The Search for Perfection


The Search for Perfection

What Paul needed was a trade show where he could meet people like him and talk about the problems he was facing. It needed to be diverse enough to cover all aspects of his professions, not just focused on cities, or airports, or shopping centers. As he thought through his problems, he realized that universities, airports, business complexes, cities, all had similar problems, and perhaps different solutions that he might be able to use.

But Paul wasn’t the easiest person to get to know. He didn’t feel comfortable walking up and introducing himself. In fact, just the opposite. How the hell was he supposed to “Connect” if he was tongue tied saying hello. He wasn’t good at finding his own way in social situations. He wasn’t the type to go over and sit down next to someone and introduce himself. He needed a wingman. And that wasn’t going to happen.

As he sat in the bar that evening, he began to describe to himself the perfect trade event for him.

There would be people in vests that were in the lobby of the hotel to direct him to the check in area, and then to the registration desk for the event. When he got there, more guides would show him where to sign up, and where the seminar and exhibits were being held. He wanted to see a real person, not just a sign or app on his phone.

Once on the exhibit hall floor, he would find more of these friendly guides to help him find specific vendors or give directions as to where the food, drink, water and particularly rest rooms were located.

Would there be events where he could meet people kinda like speed dating, limited to attendees and excluding vendors. He wondered if he could have an upscale dinner and maybe be seated with others from the event. Its easier to meet people over an entrée than in a hallway.

Would the parties be a tad more low key, so he could, if he dared, actually talk to someone and be heard? Would the exhibit hall be open hours that don’t conflict with seminars and speakers, so he could feel comfortable going to the exhibits and not miss a seminar he wanted to attend?

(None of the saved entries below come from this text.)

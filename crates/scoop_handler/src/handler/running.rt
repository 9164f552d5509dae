//! Runs of the first entry of the first private queue: at once, or as a job that takes the object away meanwhile.

ghost use Rattle.std.specs.Prelude.{◌≡◌, ◌≢◌, ◌↔◌, IsTrue, IsOk, OnOk, IfOk, IfErr, Some};
ghost use Rattle.std.specs.Option.{option_map};
ghost use Rattle.scoop_handler.specs.Core.{IsCore};
ghost use Rattle.scoop_handler.specs.Growing.{MarksGrow};
ghost use Rattle.scoop_handler.specs.Running.{after, begun, finished, job_out, ran_of, ready, run};

use crate::error::{AfterError, StrangerJob};
use crate::handler::Handler;
use crate::job::{Done, Job, run_entry};
use crate::ran::Ran;
use crate::state::HandlerState;
use scoop_object::Behaviour;
use std::alloc::Allocator;

impl<B: Behaviour, A: Allocator> Handler<B, A> {
    /// Runs the first entry of the first private queue. Returns `None`, with nothing changed, exactly if there is
    /// no private queue, the first one has no entry, or a job is out. Takes no memory.
    pub fn run(&mut self) -> Option<Ran>
        ensures ran { result ≡ option_map ran_of (ready self.old) }
        ensures state { self.new ≡ run self.old }
        ensures sound { IsCore self.new }
        ensures grows { MarksGrow self.old.state.marks self.new.state.marks }
    {
        let Some(object) = &mut self.object else {
            return None;
        };
        let (block, number, entry) = self.state.queues().front()?;
        let answer = run_entry(object, &entry);
        let ran = Ran {
            block,
            number,
            entry,
            answer,
        };
        let words = object.words();
        self.state.run_first(&ran, words);
        Some(ran)
    }

    /// Starts the first entry of the first private queue as a job, which takes the object away. The entry stays in
    /// its private queue until the job is finished. Returns `None` exactly if `run` would. Takes no memory.
    pub fn begin(&mut self) -> Option<Job<B>>
        ensures job { result ≡ ready self.old }
        ensures state { self.new ≡ begun self.old }
        ensures sound { IsCore self.new }
    {
        let first = self.state.queues.front()?;
        let object = self.object.take()?;
        Some(Job::new(self.state.number, first, self.state.words, object))
    }

    /// Takes the object of a job back, with the effect of its entry. Takes no memory.
    ///
    /// Returns `StrangerJob`, with the job and nothing changed, exactly if no job is out, or handler, block,
    /// number, entry, class or starting words aren't those of the job that is out.
    pub fn finish(&mut self, done: Done<B>) -> Result<Ran, StrangerJob<B>>
        ensures accepted { IsOk result ↔ (job_out self.old ≡ Some done) }
        ensures ran { IfOk result (λ ran. ran ≡ ran_of done) }
        ensures state { OnOk result (self.new ≡ finished done self.old) }
        ensures refused { IfErr result (λ e. (self.new ≡ self.old) × (e.0 ≡ done)) }
        ensures sound { IsCore self.new }
        ensures grows { MarksGrow self.old.state.marks self.new.state.marks }
    {
        if !self.is_out(&done) {
            return Err(StrangerJob(done));
        }
        Ok(self.take_back(done))
    }

    /// Takes the object of the job that is out back, as [`Handler::finish`] does.
    pub fn take_back(&mut self, done: Done<B>) -> Ran
        requires { job_out self.old ≡ Some done }
        ensures ran { result ≡ ran_of done }
        ensures state { self.new ≡ finished done self.old }
        ensures sound { IsCore self.new }
        ensures grows { MarksGrow self.old.state.marks self.new.state.marks }
    {
        let ran = done.ran();
        self.state.run_first(&ran, done.words());
        self.object = Some(done.into_object());
        ran
    }

    /// Changes a copy of the handler's state as `finish` would change the state. Takes no memory.
    pub fn finish_state(&self, done: &Done<B>, state: &mut HandlerState<A>)
        requires out { job_out self.now ≡ Some done.now }
        requires own { state.old ≡ self.now.state }
        ensures { state.new ≡ after done.now self.now.state }
    {
        state.run_first(&done.ran(), done.words());
    }

    /// Whether a job is the one that is out.
    pub fn is_out(&self, done: &Done<B>) -> bool
        ensures out { IsTrue result ↔ (job_out self.now ≡ Some done.now) }
        ensures sound { IsCore self.now }
    {
        match (&self.object, self.state.queues.front()) {
            (None, Some(first)) => {
                done.is_of(self.state.number, first, &self.class, &self.state.words)
            }
            _ => false,
        }
    }
}

impl<B: Behaviour, A: Allocator + Copy> Handler<B, A> {
    /// The state that `finish` would give, kept with the same allocator.
    ///
    /// `Stranger` comes exactly if `finish` would refuse the job; then `OutOfMemory`.
    pub fn after_finish(&self, done: &Done<B>) -> Result<HandlerState<A>, AfterError>
        ensures out { OnOk result (job_out self.now ≡ Some done.now) }
        ensures state { IfOk result (λ s. s ≡ after done.now self.now.state) }
        ensures stranger { IfErr result (λ e. (e ≡ AfterError.Stranger) ↔ (job_out self.now ≢ Some done.now)) }
    {
        if !self.is_out(done) {
            return Err(AfterError::Stranger);
        }
        let mut state = self.copy()?;
        self.finish_state(done, &mut state);
        Ok(state)
    }
}
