impl Cast {
    /// A cast without parties. Its world will open over this keeper.
    pub fn new(alloc: Global, keeper: MemoryKeeper) -> Cast
        ensures closed { is_some result.world ≡ false }
        ensures waits { IsWaiting ⟦<Table as Behaviour>⟧.class result.placements.items result.clients.items (incarnation_at result.keeper) (parties_of [])
            (incarnation_at keeper) }
        ensures own { incarnation_at result.keeper ≡ incarnation_at keeper }
    {
        Cast {
            alloc,
            keeper,
            placements: Vec::new(alloc),
            clients: Vec::new(alloc),
            handlers: Vec::new(alloc),
            names: Vec::new(alloc),
            world: None,
            is_refused: false,
        }
    }

    /// Plays the line of this number. With `echoes`, writes the line before its event's. The picture notes each event.
    pub fn play_line<W: Write>(
        &mut self,
        number: u32,
        line: &[u8],
        echoes: bool,
        picture: &mut Picture,
        writer: &mut W,
    ) -> Result<(), RunError>
        ensures ok { OnOk result (words_fault (is_some self.old.world) line.now ≡ None) }
        ensures opened { OnOk result (is_some self.new.world ≡ (is_some self.old.world || is_event line.now)) }
        ensures staged { (parties : Parties) (stored : ℕ → Option ℕ)
            → IsStaged ⟦<Table as Behaviour>⟧.class (is_some self.old.world) self.old.placements.items self.old.clients.items
            (incarnation_at self.old.keeper) parties stored
            → OnOk result (IsStaged ⟦<Table as Behaviour>⟧.class (is_some self.new.world) self.new.placements.items self.new.clients.items
            (incarnation_at self.new.keeper) (with_line parties line.now) stored) }
        ensures err { (parties : Parties) (stored : ℕ → Option ℕ)
            → IsStaged ⟦<Table as Behaviour>⟧.class (is_some self.old.world) self.old.placements.items self.old.clients.items
            (incarnation_at self.old.keeper) parties stored
            → IfErr result (StopsAtLine number (opens_at (is_some self.old.world) line.now) (words_fault (is_some self.old.world) line.now) parties stored) }
    {
        if is_blank(line) {
            return Ok(());
        }
        let Some((kind, words)) = line_kind(line) else {
            return Err(fault_at(number, InputFault::UnknownLine));
        };
        match kind {
            LineKind::Handler => self.place(number, words),
            LineKind::Client => self.join(number, words),
            LineKind::Event(kind) => {
                let echo = Echo::of(echoes, number, line);
                self.play_event(number, kind, words, echo, picture, writer)
            }
        }
    }

    // Places a handler.
    fn place(&mut self, number: u32, words: &[u8]) -> Result<(), RunError>
        ensures ok { OnOk result (party_fault (is_some self.old.world) (result_err (handler_line (words_of words.now))) ≡ None) }
        ensures same { is_some self.new.world ≡ is_some self.old.world }
        ensures kept { (placed : List Placed) → AreFirst ⟦<Table as Behaviour>⟧.class self.old.placements.items placed
            → OnOk result (AreFirst ⟦<Table as Behaviour>⟧.class self.new.placements.items
            (placed ++ cons_option (result_ok (handler_line (words_of words.now))) [])) }
        ensures others { (self.new.clients ≡ self.old.clients) × (self.new.keeper ≡ self.old.keeper) }
        ensures err { (parties : Parties) (stored : ℕ → Option ℕ)
            → IfErr result (StopsAtLine number false (party_fault (is_some self.old.world) (result_err (handler_line (words_of words.now)))) parties stored) }
    {
        if self.world.is_some() {
            return Err(fault_at(number, InputFault::TooLateForParty));
        }
        let placed = match read_placement(self.alloc, words) {
            Ok(placed) => placed,
            Err(LineError::Fault(fault)) => return Err(fault_at(number, fault)),
            Err(LineError::OutOfMemory) => return Err(RunError::OutOfMemory),
        };
        match self.add_placement(placed) {
            Ok(()) => Ok(()),
            Err(_) => Err(RunError::OutOfMemory),
        }
    }

    // Stores a placed handler. One past the limit stands for all later ones.
    fn add_placement(&mut self, placed: PlacedLine) -> Result<(), OutOfMemory>
        requires { length placed.words ≡ placed.class.words }
        ensures same { is_some self.new.world ≡ is_some self.old.world }
        ensures kept { (before : List Placed) → AreFirst ⟦<Table as Behaviour>⟧.class self.old.placements.items before
            → OnOk result (AreFirst ⟦<Table as Behaviour>⟧.class self.new.placements.items
            (before ++ record { node = placed.node; handler = placed.handler; class = placed.class; words = placed.words } ∷ [])) }
        ensures others { (self.new.clients ≡ self.old.clients) × (self.new.keeper ≡ self.old.keeper) }
    {
        if self.placements.len() > MAX_HANDLERS {
            return Ok(());
        }
        let PlacedLine {
            node,
            handler,
            class,
            words,
        } = placed;
        let Ok(object) = Table::new(class.copy()?, words) else {
            unreachable!()
        };
        self.handlers.push(handler)?;
        self.placements.push(Placement {
            node,
            handler,
            class,
            object,
        })?;
        Ok(())
    }

    // Lets a client join.
    fn join(&mut self, number: u32, words: &[u8]) -> Result<(), RunError>
        ensures ok { OnOk result (party_fault (is_some self.old.world) (result_err (client_line (words_of words.now))) ≡ None) }
        ensures same { is_some self.new.world ≡ is_some self.old.world }
        ensures kept { (clients : List (ClientId × ℕ)) → AreFirstClients self.old.clients.items clients
            → OnOk result (AreFirstClients self.new.clients.items (clients ++ cons_option (result_ok (client_line (words_of words.now))) [])) }
        ensures others { (self.new.placements ≡ self.old.placements) × (self.new.keeper ≡ self.old.keeper) }
        ensures err { (parties : Parties) (stored : ℕ → Option ℕ)
            → IfErr result (StopsAtLine number false (party_fault (is_some self.old.world) (result_err (client_line (words_of words.now)))) parties stored) }
    {
        if self.world.is_some() {
            return Err(fault_at(number, InputFault::TooLateForParty));
        }
        let (client, batch) = match read_client(words) {
            Ok(joining) => joining,
            Err(fault) => return Err(fault_at(number, fault)),
        };
        match self.add_client(client, batch) {
            Ok(()) => Ok(()),
            Err(_) => Err(RunError::OutOfMemory),
        }
    }

    // Stores a joining client. One past the limit stands for all later ones.
    fn add_client(&mut self, client: ClientId, batch: u8) -> Result<(), OutOfMemory>
        requires some { 1 ≤ batch }
        requires limit { batch ≤ MAX_ENTRIES }
        ensures same { is_some self.new.world ≡ is_some self.old.world }
        ensures kept { (before : List (ClientId × ℕ)) → AreFirstClients self.old.clients.items before
            → OnOk result (AreFirstClients self.new.clients.items (before ++ joining client batch ∷ [])) }
        ensures others { (self.new.placements ≡ self.old.placements) × (self.new.keeper ≡ self.old.keeper) }
    {
        if self.clients.len() > MAX_CLIENTS {
            return Ok(());
        }
        self.names.push(client)?;
        self.clients.push((client, batch))?;
        Ok(())
    }

    // Plays the line of an event. The first one opens the world before anything else.
    fn play_event<W: Write>(
        &mut self,
        number: u32,
        kind: EventKind,
        words: &[u8],
        echo: Option<Echo<'_>>,
        picture: &mut Picture,
        writer: &mut W,
    ) -> Result<(), RunError>
        ensures ok { OnOk result (result_err (event_line kind (words_of words.now)) ≡ None) }
        ensures opened { OnOk result (is_some self.new.world ≡ true) }
        ensures opens { (parties : Parties) (stored : ℕ → Option ℕ)
            → IsStaged ⟦<Table as Behaviour>⟧.class (is_some self.old.world) self.old.placements.items self.old.clients.items
            (incarnation_at self.old.keeper) parties stored
            → OnOk result (Opens parties stored) }
        ensures err { (parties : Parties) (stored : ℕ → Option ℕ)
            → IsStaged ⟦<Table as Behaviour>⟧.class (is_some self.old.world) self.old.placements.items self.old.clients.items
            (incarnation_at self.old.keeper) parties stored
            → IfErr result (StopsAtLine number (not (is_some self.old.world)) (result_err (event_line kind (words_of words.now))) parties stored) }
    {
        match self.open_by(number, picture) {
            Ok(()) => {}
            Err(error) => return Err(error),
        }
        let event = match read_event(kind, words) {
            Ok(event) => event,
            Err(fault) => return Err(fault_at(number, fault)),
        };
        self.play_in_world(number, &event, echo, picture, writer)
    }

    // Plays events in the open world.
    fn play_in_world<W: Write>(
        &mut self,
        number: u32,
        event: &EventLine,
        echo: Option<Echo<'_>>,
        picture: &mut Picture,
        writer: &mut W,
    ) -> Result<(), RunError>
        requires { is_some self.old.world ≡ true }
        ensures same { is_some self.new.world ≡ true }
        ensures err { (parties : Parties) (stored : ℕ → Option ℕ) → IfErr result (StopsAtLine number false None parties stored) }
    {
        match &mut self.world {
            Some(world) => match play(world, event, echo, picture, writer) {
                Ok(outcome) => {
                    self.is_refused = matches!(outcome, Outcome::Refused);
                    Ok(())
                }
                Err(Stop::Write) => Err(RunError::Write),
                Err(Stop::OutOfMemory) => Err(RunError::OutOfMemory),
            },
            None => unreachable!(),
        }
    }

    /// Opens the world at the line of this number if it hasn't opened yet.
    pub fn open_by(&mut self, number: u32, picture: &mut Picture) -> Result<(), RunError>
        ensures ok { OnOk result (is_some self.new.world ≡ true) }
        ensures opens { (parties : Parties) (stored : ℕ → Option ℕ)
            → IsStaged ⟦<Table as Behaviour>⟧.class (is_some self.old.world) self.old.placements.items self.old.clients.items
            (incarnation_at self.old.keeper) parties stored
            → OnOk result (Opens parties stored) }
        ensures err { (parties : Parties) (stored : ℕ → Option ℕ)
            → IsStaged ⟦<Table as Behaviour>⟧.class (is_some self.old.world) self.old.placements.items self.old.clients.items
            (incarnation_at self.old.keeper) parties stored
            → IfErr result (StopsClosed (is_some self.old.world) number parties stored) }
    {
        if self.world.is_some() {
            return Ok(());
        }
        self.open(number, picture)
    }

    // Begins the picture with the parties.
    fn begin(&self, picture: &mut Picture) -> Result<(), OutOfMemory> {
        let mut handlers = Vec::new(self.alloc);
        for placement in &self.placements {
            handlers.push((placement.node, placement.handler))?;
        }
        picture.begin(&self.names, &handlers)
    }

    // Opens the world at the line of this number.
    fn open(&mut self, number: u32, picture: &mut Picture) -> Result<(), RunError>
        ensures ok { OnOk result (is_some self.new.world ≡ true) }
        ensures opens { (parties : Parties) (stored : ℕ → Option ℕ)
            → IsWaiting ⟦<Table as Behaviour>⟧.class self.old.placements.items self.old.clients.items (incarnation_at self.old.keeper) parties stored
            → OnOk result (Opens parties stored) }
        ensures err { (parties : Parties) (stored : ℕ → Option ℕ)
            → IsWaiting ⟦<Table as Behaviour>⟧.class self.old.placements.items self.old.clients.items (incarnation_at self.old.keeper) parties stored
            → IfErr result (StopsOpening number parties stored) }
    {
        if self.begin(picture).is_err() {
            return Err(RunError::OutOfMemory);
        }
        let placements = mem::replace(&mut self.placements, Vec::new(self.alloc));
        let keeper = mem::replace(&mut self.keeper, MemoryKeeper::new(self.alloc));
        match World::open(self.alloc, placements, &self.clients, keeper) {
            Ok(world) => {
                self.world = Some(world);
                Ok(())
            }
            Err(error) => Err(unopened(number, error)),
        }
    }

    /// Lets an open world settle if the options say so, and then writes its histories.
    pub fn finish<W: Write>(
        &mut self,
        options: PlayOptions,
        picture: &mut Picture,
        writer: &mut W,
    ) -> Result<(), Stop> {
        if options.settles {
            if let Some(world) = &mut self.world {
                settle(self.alloc, world, options.echoes, picture, writer)?;
            }
        }
        match self.print_histories(writer) {
            Ok(()) => Ok(()),
            Err(_) => Err(Stop::Write),
        }
    }

    // Writes the histories of the world if it has opened: the common list, then each handler's and each client's history
    // in ascending order.
    fn print_histories<W: Write>(&mut self, writer: &mut W) -> io::Result<()> {
        let Some(world) = &self.world else {
            return Ok(());
        };
        self.handlers.sort_unstable();
        self.names.sort_unstable();
        print_world(world, &self.handlers, &self.names, writer)
    }
}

Would the seminars be limited in scope but diverse enough, so he didn’t feel he had to choose one over another? Would they be simply “pitches” from vendors or actual learning sessions on success and failures in his industry?

He guessed he wanted a user-friendly event where he could feel comfortable in an environment where he could meet and truly “connect.”

As he left the bar, he realized he hadn’t drunk as much that night. The next day he began his search for the perfect trade show.

To be continued…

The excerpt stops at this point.